TASK MATERIAL -
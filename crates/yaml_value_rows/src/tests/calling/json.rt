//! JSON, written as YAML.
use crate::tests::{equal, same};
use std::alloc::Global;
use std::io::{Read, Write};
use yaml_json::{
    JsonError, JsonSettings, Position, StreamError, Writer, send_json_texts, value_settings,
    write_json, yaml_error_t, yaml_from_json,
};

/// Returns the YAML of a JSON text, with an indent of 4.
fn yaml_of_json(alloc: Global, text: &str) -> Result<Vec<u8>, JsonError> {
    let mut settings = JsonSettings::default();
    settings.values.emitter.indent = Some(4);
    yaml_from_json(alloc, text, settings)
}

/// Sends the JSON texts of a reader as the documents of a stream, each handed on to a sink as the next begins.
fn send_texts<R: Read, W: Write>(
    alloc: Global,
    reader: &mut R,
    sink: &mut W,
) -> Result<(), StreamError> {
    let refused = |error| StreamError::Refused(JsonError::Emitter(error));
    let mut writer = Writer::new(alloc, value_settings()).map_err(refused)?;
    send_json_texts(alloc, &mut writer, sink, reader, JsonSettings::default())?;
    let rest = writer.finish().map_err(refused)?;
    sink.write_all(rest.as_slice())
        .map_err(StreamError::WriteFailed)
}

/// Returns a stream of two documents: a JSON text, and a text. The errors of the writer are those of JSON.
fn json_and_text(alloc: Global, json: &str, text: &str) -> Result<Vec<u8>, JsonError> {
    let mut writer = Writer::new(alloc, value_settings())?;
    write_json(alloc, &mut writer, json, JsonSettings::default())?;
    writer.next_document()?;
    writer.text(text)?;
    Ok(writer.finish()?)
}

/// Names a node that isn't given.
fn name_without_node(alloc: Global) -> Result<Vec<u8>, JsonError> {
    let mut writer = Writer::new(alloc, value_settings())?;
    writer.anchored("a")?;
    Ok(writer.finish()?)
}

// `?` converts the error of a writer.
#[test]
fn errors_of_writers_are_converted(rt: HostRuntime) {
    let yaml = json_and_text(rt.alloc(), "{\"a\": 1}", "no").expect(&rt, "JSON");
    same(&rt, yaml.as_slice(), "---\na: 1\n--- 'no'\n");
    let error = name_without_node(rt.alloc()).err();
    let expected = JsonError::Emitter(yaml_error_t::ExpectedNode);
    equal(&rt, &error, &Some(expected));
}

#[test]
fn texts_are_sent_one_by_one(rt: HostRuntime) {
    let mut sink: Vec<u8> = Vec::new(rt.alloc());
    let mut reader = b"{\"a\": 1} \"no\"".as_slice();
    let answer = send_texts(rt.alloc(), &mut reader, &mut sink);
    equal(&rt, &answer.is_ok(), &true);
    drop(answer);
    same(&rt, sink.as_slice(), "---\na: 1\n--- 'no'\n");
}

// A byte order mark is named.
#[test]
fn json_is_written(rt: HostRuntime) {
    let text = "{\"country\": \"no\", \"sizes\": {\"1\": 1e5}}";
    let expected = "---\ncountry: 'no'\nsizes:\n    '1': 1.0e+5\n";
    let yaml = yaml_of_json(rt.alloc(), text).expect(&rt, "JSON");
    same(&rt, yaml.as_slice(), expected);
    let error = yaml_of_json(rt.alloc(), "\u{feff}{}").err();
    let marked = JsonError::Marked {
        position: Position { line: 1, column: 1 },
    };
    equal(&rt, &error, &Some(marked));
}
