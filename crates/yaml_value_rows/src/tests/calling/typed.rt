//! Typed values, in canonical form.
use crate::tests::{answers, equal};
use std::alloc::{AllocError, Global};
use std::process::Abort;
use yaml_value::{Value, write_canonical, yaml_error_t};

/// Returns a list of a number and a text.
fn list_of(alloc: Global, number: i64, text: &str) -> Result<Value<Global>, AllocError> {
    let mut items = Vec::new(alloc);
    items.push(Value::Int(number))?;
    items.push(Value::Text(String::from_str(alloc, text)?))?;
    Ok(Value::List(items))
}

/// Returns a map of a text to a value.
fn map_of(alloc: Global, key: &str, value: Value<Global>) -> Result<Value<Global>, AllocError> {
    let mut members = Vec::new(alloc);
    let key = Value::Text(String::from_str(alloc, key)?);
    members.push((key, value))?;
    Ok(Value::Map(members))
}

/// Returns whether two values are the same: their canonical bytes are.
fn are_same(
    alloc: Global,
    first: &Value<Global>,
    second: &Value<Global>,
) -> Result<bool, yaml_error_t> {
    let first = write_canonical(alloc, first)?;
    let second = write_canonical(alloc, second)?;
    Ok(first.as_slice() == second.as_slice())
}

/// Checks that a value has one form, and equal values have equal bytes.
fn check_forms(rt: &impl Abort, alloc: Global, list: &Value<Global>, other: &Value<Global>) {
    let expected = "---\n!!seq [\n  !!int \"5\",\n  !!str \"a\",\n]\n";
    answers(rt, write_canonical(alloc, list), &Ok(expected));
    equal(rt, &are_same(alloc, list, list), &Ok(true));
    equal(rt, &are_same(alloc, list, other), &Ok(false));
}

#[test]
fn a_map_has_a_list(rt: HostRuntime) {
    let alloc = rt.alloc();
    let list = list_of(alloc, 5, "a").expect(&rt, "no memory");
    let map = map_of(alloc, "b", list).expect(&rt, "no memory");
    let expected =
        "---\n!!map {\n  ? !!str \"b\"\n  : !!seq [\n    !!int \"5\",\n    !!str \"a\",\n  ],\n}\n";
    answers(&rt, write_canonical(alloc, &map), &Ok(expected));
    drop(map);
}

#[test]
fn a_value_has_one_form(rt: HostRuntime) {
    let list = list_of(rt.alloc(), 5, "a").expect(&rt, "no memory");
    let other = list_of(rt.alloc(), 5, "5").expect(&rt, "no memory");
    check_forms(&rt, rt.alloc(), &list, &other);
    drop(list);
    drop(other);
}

TASK DESCRIPTION - All of the material above should be printed out in full, word for word.

TASK SOLUTION -
filename crates/yaml_value_rows/src/tests/calling/json.rt
//! JSON, written as YAML.
use crate::tests::{equal, same};
use std::alloc::Global;
use std::io::{Read, Write};
use yaml_json::{
    JsonError, JsonSettings, Position, StreamError, Writer, send_json_texts, value_settings,
    write_json, yaml_error_t, yaml_from_json,
};

/// Returns the YAML of a JSON text, with an indent of 4.
fn yaml_of_json(alloc: Global, text: &str) -> Result<Vec<u8>, JsonError> {
    let mut settings = JsonSettings::default();
    settings.values.emitter.indent = Some(4);
    yaml_from_json(alloc, text, settings)
}

/// Sends the JSON texts of a reader as the documents of a stream, each handed on to a sink as the next begins.
fn send_texts<R: Read, W: Write>(
    alloc: Global,
    reader: &mut R,
    sink: &mut W,
) -> Result<(), StreamError> {
    let refused = |error| StreamError::Refused(JsonError::Emitter(error));
    let mut writer = Writer::new(alloc, value_settings()).map_err(refused)?;
    send_json_texts(alloc, &mut writer, sink, reader, JsonSettings::default())?;
    let rest = writer.finish().map_err(refused)?;
    sink.write_all(rest.as_slice())
        .map_err(StreamError::WriteFailed)
}

/// Returns a stream of two documents: a JSON text, and a text. The errors of the writer are those of JSON.
fn json_and_text(alloc: Global, json: &str, text: &str) -> Result<Vec<u8>, JsonError> {
    let mut writer = Writer::new(alloc, value_settings())?;
    write_json(alloc, &mut writer, json, JsonSettings::default())?;
    writer.next_document()?;
    writer.text(text)?;
    Ok(writer.finish()?)
}

/// Names a node that isn't given.
fn name_without_node(alloc: Global) -> Result<Vec<u8>, JsonError> {
    let mut writer = Writer::new(alloc, value_settings())?;
    writer.anchored("a")?;
    Ok(writer.finish()?)
}

// `?` converts the error of a writer.
#[test]
fn errors_of_writers_are_converted(rt: HostRuntime) {
    let yaml = json_and_text(rt.alloc(), "{\"a\": 1}", "no").expect(&rt, "JSON");
    same(&rt, yaml.as_slice(), "---\na: 1\n--- 'no'\n");
    let error = name_without_node(rt.alloc()).err();
    let expected = JsonError::Emitter(yaml_error_t::ExpectedNode);
    equal(&rt, &error, &Some(expected));
}

#[test]
fn texts_are_sent_one_by_one(rt: HostRuntime) {
    let mut sink: Vec<u8> = Vec::new(rt.alloc());
    let mut reader = b"{\"a\": 1} \"no\"".as_slice();
    let answer = send_texts(rt.alloc(), &mut reader, &mut sink);
    equal(&rt, &answer.is_ok(), &true);
    drop(answer);
    same(&rt, sink.as_slice(), "---\na: 1\n--- 'no'\n");
}

// A byte order mark is named.
#[test]
fn json_is_written(rt: HostRuntime) {
    let text = "{\"country\": \"no\", \"sizes\": {\"1\": 1e5}}";
    let expected = "---\ncountry: 'no'\nsizes:\n    '1': 1.0e+5\n";
    let yaml = yaml_of_json(rt.alloc(), text).expect(&rt, "JSON");
    same(&rt, yaml.as_slice(), expected);
    let error = yaml_of_json(rt.alloc(), "\u{feff}{}").err();
    let marked = JsonError::Marked {
        position: Position { line: 1, column: 1 },
    };
    equal(&rt, &error, &Some(marked));
}
filename crates/yaml_value_rows/src/tests/calling/typed.rt
//! Typed values, in canonical form.
use crate::tests::{answers, equal};
use std::alloc::{AllocError, Global};
use std::process::Abort;
use yaml_value::{Value, write_canonical, yaml_error_t};

/// Returns a list of a number and a text.
fn list_of(alloc: Global, number: i64, text: &str) -> Result<Value<Global>, AllocError> {
    let mut items = Vec::new(alloc);
    items.push(Value::Int(number))?;
    items.push(Value::Text(String::from_str(alloc, text)?))?;
    Ok(Value::List(items))
}

/// Returns a map of a text to a value.
fn map_of(alloc: Global, key: &str, value: Value<Global>) -> Result<Value<Global>, AllocError> {
    let mut members = Vec::new(alloc);
    let key = Value::Text(String::from_str(alloc, key)?);
    members.push((key, value))?;
    Ok(Value::Map(members))
}

/// Returns whether two values are the same: their canonical bytes are.
fn are_same(
    alloc: Global,
    first: &Value<Global>,
    second: &Value<Global>,
) -> Result<bool, yaml_error_t> {
    let first = write_canonical(alloc, first)?;
    let second = write_canonical(alloc, second)?;
    Ok(first.as_slice() == second.as_slice())
}

/// Checks that a value has one form, and equal values have equal bytes.
fn check_forms(rt: &impl Abort, alloc: Global, list: &Value<Global>, other: &Value<Global>) {
    let expected = "---\n!!seq [\n  !!int \"5\",\n  !!str \"a\",\n]\n";
    answers(rt, write_canonical(alloc, list), &Ok(expected));
    equal(rt, &are_same(alloc, list, list), &Ok(true));
    equal(rt, &are_same(alloc, list, other), &Ok(false));
}

#[test]
fn a_map_has_a_list(rt: HostRuntime) {
    let alloc = rt.alloc();
    let list = list_of(alloc, 5, "a").expect(&rt, "no memory");
    let map = map_of(alloc, "b", list).expect(&rt, "no memory");
    let expected =
        "---\n!!map {\n  ? !!str \"b\"\n  : !!seq [\n    !!int \"5\",\n    !!str \"a\",\n  ],\n}\n";
    answers(&rt, write_canonical(alloc, &map), &Ok(expected));
    drop(map);
}

#[test]
fn a_value_has_one_form(rt: HostRuntime) {
    let list = list_of(rt.alloc(), 5, "a").expect(&rt, "no memory");
    let other = list_of(rt.alloc(), 5, "5").expect(&rt, "no memory");
    check_forms(&rt, rt.alloc(), &list, &other);
    drop(list);
    drop(other);
}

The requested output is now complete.